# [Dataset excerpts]
# # # # # # #

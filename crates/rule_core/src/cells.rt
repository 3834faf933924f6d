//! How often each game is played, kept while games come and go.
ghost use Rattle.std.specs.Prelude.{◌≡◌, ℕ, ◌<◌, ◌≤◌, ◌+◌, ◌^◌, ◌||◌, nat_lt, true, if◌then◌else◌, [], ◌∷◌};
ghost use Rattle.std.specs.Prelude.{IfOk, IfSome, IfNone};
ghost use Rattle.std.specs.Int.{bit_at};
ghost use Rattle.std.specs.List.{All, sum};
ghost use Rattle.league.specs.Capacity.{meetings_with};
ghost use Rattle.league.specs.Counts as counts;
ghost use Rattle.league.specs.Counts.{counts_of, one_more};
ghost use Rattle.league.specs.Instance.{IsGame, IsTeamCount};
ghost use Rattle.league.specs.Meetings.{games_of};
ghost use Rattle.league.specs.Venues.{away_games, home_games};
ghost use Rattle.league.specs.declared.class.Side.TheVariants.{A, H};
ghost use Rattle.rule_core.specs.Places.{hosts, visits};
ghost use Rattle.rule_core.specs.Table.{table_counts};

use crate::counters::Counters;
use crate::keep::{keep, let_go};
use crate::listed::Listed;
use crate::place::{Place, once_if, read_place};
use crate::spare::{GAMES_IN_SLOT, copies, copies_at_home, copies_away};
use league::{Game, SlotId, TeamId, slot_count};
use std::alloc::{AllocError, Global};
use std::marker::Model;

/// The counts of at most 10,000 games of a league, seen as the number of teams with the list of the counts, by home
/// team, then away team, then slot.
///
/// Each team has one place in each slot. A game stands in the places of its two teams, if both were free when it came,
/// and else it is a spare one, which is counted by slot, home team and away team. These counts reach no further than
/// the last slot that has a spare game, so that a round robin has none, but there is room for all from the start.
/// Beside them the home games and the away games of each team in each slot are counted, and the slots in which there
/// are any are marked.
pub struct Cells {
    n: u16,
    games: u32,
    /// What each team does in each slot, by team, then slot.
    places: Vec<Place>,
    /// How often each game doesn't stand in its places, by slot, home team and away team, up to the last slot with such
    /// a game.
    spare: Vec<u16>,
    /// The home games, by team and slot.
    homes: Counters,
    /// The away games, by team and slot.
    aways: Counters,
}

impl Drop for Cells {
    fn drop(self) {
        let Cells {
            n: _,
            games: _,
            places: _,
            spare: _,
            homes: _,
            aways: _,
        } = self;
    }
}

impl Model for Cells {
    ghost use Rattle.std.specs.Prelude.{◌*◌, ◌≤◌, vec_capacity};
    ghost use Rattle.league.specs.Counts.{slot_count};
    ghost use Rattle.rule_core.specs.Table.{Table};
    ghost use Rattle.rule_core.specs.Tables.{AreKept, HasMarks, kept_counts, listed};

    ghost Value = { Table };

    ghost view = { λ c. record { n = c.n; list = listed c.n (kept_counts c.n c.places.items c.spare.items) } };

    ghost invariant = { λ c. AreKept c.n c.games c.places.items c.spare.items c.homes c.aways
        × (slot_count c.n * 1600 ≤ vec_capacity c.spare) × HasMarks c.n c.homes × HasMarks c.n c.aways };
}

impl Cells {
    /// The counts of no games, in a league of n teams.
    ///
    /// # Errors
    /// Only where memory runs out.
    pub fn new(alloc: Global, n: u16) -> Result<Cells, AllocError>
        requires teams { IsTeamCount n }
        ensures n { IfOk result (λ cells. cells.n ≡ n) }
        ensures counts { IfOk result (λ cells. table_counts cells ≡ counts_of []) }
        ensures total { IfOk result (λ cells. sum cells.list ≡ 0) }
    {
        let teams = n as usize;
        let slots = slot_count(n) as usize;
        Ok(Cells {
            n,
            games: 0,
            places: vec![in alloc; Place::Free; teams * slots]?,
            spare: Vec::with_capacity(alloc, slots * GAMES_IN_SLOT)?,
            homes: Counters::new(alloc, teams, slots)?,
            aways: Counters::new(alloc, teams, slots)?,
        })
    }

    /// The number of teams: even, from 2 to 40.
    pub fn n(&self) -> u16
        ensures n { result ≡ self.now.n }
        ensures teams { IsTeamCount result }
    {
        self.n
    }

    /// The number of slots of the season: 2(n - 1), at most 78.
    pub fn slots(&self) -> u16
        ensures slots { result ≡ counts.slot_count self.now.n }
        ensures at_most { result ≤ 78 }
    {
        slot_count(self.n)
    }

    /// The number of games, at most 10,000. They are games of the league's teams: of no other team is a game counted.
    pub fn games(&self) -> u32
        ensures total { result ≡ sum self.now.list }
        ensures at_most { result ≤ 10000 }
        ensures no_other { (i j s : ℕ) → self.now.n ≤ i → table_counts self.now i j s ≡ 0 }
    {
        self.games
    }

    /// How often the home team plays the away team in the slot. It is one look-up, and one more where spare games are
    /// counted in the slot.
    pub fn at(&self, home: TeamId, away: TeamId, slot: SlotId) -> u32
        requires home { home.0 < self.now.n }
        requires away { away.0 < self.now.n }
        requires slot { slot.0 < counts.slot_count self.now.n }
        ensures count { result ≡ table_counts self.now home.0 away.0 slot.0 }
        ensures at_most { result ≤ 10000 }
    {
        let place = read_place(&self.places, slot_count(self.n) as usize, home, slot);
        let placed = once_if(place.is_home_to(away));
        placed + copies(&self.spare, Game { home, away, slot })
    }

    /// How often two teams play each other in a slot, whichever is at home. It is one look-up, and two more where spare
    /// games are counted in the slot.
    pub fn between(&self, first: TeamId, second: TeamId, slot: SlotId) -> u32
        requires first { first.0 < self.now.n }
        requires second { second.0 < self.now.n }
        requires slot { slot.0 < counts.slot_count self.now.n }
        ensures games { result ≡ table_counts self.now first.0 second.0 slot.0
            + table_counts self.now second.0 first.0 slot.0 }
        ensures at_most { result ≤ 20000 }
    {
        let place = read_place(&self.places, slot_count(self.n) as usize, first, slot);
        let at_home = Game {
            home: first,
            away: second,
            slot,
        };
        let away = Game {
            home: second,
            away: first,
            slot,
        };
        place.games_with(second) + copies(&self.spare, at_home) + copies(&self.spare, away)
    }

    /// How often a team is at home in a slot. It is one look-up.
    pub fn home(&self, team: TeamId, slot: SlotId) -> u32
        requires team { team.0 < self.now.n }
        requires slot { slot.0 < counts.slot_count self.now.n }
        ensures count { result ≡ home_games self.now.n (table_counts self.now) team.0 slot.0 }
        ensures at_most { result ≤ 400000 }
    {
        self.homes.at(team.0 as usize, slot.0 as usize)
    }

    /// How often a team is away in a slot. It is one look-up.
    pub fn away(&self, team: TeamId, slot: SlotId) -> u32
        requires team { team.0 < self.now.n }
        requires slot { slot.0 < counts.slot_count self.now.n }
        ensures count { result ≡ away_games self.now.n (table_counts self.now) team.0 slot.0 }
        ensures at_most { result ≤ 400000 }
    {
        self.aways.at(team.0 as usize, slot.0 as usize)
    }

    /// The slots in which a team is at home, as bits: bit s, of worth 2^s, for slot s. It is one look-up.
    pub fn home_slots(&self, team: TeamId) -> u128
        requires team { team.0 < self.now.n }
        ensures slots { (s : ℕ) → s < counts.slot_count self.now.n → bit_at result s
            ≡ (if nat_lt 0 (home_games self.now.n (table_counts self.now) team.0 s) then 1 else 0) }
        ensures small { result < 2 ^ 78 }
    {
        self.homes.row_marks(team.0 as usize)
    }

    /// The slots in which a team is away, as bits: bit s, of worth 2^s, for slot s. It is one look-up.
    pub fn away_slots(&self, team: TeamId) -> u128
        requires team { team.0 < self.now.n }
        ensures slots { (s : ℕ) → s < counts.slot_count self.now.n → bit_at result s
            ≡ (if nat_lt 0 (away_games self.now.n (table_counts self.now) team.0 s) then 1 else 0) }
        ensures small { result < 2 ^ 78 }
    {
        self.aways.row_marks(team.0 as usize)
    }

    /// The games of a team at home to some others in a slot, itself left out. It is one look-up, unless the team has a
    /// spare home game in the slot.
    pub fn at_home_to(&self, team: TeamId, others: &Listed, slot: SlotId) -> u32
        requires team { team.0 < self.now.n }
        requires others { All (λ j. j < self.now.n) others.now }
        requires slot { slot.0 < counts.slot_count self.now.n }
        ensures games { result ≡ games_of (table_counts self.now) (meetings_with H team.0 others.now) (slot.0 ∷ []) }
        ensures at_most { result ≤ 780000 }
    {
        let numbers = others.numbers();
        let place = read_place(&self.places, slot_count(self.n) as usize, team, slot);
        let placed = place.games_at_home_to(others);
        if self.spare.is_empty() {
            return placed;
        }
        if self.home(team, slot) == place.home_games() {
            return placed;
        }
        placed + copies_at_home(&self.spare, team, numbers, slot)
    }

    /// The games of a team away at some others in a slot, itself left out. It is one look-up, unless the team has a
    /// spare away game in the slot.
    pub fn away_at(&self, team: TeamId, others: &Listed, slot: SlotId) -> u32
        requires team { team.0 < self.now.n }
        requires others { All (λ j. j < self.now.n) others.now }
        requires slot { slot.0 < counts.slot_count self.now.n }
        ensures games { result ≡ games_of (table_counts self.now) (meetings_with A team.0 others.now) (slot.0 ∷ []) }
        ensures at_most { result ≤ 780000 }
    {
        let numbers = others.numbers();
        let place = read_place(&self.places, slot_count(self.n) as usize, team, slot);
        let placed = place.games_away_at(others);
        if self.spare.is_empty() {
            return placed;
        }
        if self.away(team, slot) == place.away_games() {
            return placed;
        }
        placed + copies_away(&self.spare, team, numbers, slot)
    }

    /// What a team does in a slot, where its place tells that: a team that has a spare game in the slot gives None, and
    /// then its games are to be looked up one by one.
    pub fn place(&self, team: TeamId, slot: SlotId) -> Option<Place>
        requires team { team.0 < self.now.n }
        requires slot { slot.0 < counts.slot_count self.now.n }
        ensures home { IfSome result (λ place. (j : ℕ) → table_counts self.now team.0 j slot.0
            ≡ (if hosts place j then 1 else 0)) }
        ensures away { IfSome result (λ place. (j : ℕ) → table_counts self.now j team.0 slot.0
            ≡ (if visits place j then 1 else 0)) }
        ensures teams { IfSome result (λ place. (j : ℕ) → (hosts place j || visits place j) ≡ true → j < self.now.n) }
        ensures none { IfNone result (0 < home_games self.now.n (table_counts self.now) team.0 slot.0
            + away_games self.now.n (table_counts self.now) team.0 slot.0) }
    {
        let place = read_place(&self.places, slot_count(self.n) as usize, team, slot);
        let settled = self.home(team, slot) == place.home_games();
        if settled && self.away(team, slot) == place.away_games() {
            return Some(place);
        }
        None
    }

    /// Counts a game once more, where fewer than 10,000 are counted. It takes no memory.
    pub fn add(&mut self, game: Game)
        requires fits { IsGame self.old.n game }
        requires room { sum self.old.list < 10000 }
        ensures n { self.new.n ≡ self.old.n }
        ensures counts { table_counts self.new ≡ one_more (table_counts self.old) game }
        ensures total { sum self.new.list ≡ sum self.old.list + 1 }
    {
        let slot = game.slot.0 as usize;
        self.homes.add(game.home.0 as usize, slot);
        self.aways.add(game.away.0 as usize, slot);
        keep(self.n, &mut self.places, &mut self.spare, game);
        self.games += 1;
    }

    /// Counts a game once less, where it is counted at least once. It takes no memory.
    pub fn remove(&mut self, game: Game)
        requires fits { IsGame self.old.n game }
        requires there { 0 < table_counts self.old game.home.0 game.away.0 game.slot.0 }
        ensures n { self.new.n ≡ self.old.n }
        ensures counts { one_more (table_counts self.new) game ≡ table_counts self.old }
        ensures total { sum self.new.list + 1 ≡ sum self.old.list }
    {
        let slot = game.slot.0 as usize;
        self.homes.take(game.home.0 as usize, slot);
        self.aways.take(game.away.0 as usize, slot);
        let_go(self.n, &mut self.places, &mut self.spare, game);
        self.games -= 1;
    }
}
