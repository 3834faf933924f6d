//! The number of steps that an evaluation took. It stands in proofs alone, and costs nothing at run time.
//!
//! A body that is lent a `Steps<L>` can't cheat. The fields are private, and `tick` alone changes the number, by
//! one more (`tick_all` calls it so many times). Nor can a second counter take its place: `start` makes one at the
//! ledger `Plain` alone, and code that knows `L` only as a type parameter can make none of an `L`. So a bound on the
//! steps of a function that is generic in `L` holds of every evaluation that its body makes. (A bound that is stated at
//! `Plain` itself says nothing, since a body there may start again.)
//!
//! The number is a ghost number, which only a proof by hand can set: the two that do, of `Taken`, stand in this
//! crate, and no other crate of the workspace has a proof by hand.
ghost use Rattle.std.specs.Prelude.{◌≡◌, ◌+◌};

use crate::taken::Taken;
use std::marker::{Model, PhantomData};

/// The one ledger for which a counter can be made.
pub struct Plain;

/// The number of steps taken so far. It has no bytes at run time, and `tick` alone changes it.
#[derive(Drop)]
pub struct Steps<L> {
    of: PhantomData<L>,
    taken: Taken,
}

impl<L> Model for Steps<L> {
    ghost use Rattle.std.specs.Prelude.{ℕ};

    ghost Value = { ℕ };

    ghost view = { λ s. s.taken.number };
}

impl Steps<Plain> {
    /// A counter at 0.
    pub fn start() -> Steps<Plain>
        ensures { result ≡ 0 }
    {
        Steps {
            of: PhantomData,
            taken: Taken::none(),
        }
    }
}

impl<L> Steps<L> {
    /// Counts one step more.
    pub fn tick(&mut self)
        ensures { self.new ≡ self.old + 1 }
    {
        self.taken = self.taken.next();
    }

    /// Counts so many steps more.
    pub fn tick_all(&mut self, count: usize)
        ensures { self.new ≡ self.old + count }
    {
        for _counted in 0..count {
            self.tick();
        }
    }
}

# # # # # # #

# [WORK ORDER]
Starting with the first line of the records, repeat every line up to and including the one containing "use crate::counters::Counters;", and nothing else.

# [ANSWER]
filename crates/rule_core/src/cells.rt
repository 3834faf933924f6d
//! How often each game is played, kept while games come and go.
ghost use Rattle.std.specs.Prelude.{◌≡◌, ℕ, ◌<◌, ◌≤◌, ◌+◌, ◌^◌, ◌||◌, nat_lt, true, if◌then◌else◌, [], ◌∷◌};
ghost use Rattle.std.specs.Prelude.{IfOk, IfSome, IfNone};
ghost use Rattle.std.specs.Int.{bit_at};
ghost use Rattle.std.specs.List.{All, sum};
ghost use Rattle.league.specs.Capacity.{meetings_with};
ghost use Rattle.league.specs.Counts as counts;
ghost use Rattle.league.specs.Counts.{counts_of, one_more};
ghost use Rattle.league.specs.Instance.{IsGame, IsTeamCount};
ghost use Rattle.league.specs.Meetings.{games_of};
ghost use Rattle.league.specs.Venues.{away_games, home_games};
ghost use Rattle.league.specs.declared.class.Side.TheVariants.{A, H};
ghost use Rattle.rule_core.specs.Places.{hosts, visits};
ghost use Rattle.rule_core.specs.Table.{table_counts};

use crate::counters::Counters;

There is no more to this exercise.